A vital safety vulnerability in Important Addons for Elementor has been recognized, probably impacting over two million WordPress web sites.
The flaw, a mirrored cross-site scripting (XSS) vulnerability, was found resulting from inadequate validation of the popup-selector question argument, permitting malicious scripts to be executed.
The difficulty, tracked with CVE-2025-24752, was first uncovered by Patchstack Alliance researcher xssium on September 30, 2024. After notifying the plugin vendor, a repair was carried out in model 6.0.15.
Understanding the Vulnerability
Important Addons for Elementor is the preferred extension for the Elementor web page builder, counting over 2 million lively installations.
It enhances Elementor’s performance by offering further inventive components that assist customers design extra dynamic and visually interesting internet pages.
The flaw originated from the src/js/view/normal.js file, the place the plugin didn’t correctly sanitize the popup-selector argument.
When triggered, this might enable attackers to execute malicious scripts by embedding dangerous content material into the web page.

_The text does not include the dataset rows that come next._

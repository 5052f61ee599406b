//! Laws: functions with nothing to do, whose contracts hold of all that is read.

ghost use Rattle.wasm_inexact_modules.specs.Inexact.{ReadBodiesAreInexact, ReadSectionsAreInexact};

/// In what was read of a file's sections no heap type is exact: in types, tables, globals, element segments and constant expressions.
pub fn read_sections_are_inexact()
    ensures { ReadSectionsAreInexact }
{}

/// Nor is one in a body that was read, in its locals or operators.
pub fn read_bodies_are_inexact()
    ensures { ReadBodiesAreInexact }
{}
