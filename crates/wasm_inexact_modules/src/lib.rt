//! No heap type in a module that was read is exact: no bytes spell one.
#![tactic(auto)]

pub mod laws;
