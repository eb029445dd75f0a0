//! Tests of the crates that keep something for each cell: lines of pieces, states, runs, maps of cells,
//! layouts, owners and the space.
//!
//! - knows cells, and no text
//! - definitions: `Standing`, `Found`, `OnMap`, `NextSteps`
//! - used by nothing: it only tests
#![tactic(auto)]

#[cfg(test)]
mod acts;
#[cfg(test)]
mod areas;
#[cfg(test)]
mod cells;
#[cfg(test)]
mod inside;
#[cfg(test)]
mod layouts;
#[cfg(test)]
mod maps;
#[cfg(test)]
mod number;
#[cfg(test)]
mod owners;
#[cfg(test)]
mod ranges;
#[cfg(test)]
mod runs;
#[cfg(test)]
mod spaces;
#[cfg(test)]
mod states;
#[cfg(test)]
mod texts;
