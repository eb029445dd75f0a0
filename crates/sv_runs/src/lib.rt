//! Reports and notes in greatest runs of neighbouring cells.
//!
//! - knows reports and notes, and not what they stand for
//! - definitions: `Reports`, `Notes`, `Replies` of `sv_model`; `Runs`, `Joined`, `Grouped`
//! - used by `sv_space`, `sv_layout`, `sv_owner`, `sv_report`
#![tactic(auto)]

mod areas;
mod grouped_notes;
mod grouping;
mod notes;
mod reports;
mod same;

pub use grouping::group;
pub use notes::add_note;
pub use reports::add_run;

#[cfg(test)]
mod tests;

Learn extra on WordPress plugin safety: WordPress ASE Plugin Vulnerability Threatens Web site Safety
How the Patch Fixes the Concern
The WPDeveloper resolved the vulnerability by implementing stricter validation, allowing solely alphanumeric characters and a restricted set of symbols within the popup-selector argument. This prevents frequent XSS assault strategies from exploiting the flaw.
WordPress builders are reminded of the significance of correctly validating and sanitizing user-provided knowledge.
“When working with user-provided knowledge, builders want to make sure this knowledge is correctly validated and sanitized towards potential processes that might result in XSS,” Patchstack warned.
“Moreover, when rendering user-provided knowledge again onto the web site, it is very important ensure that the content material is correctly escaped to assist guarantee potential XSS vulnerability.”
Failure to take action can expose web sites to vital safety dangers, together with unauthorized entry and knowledge breaches.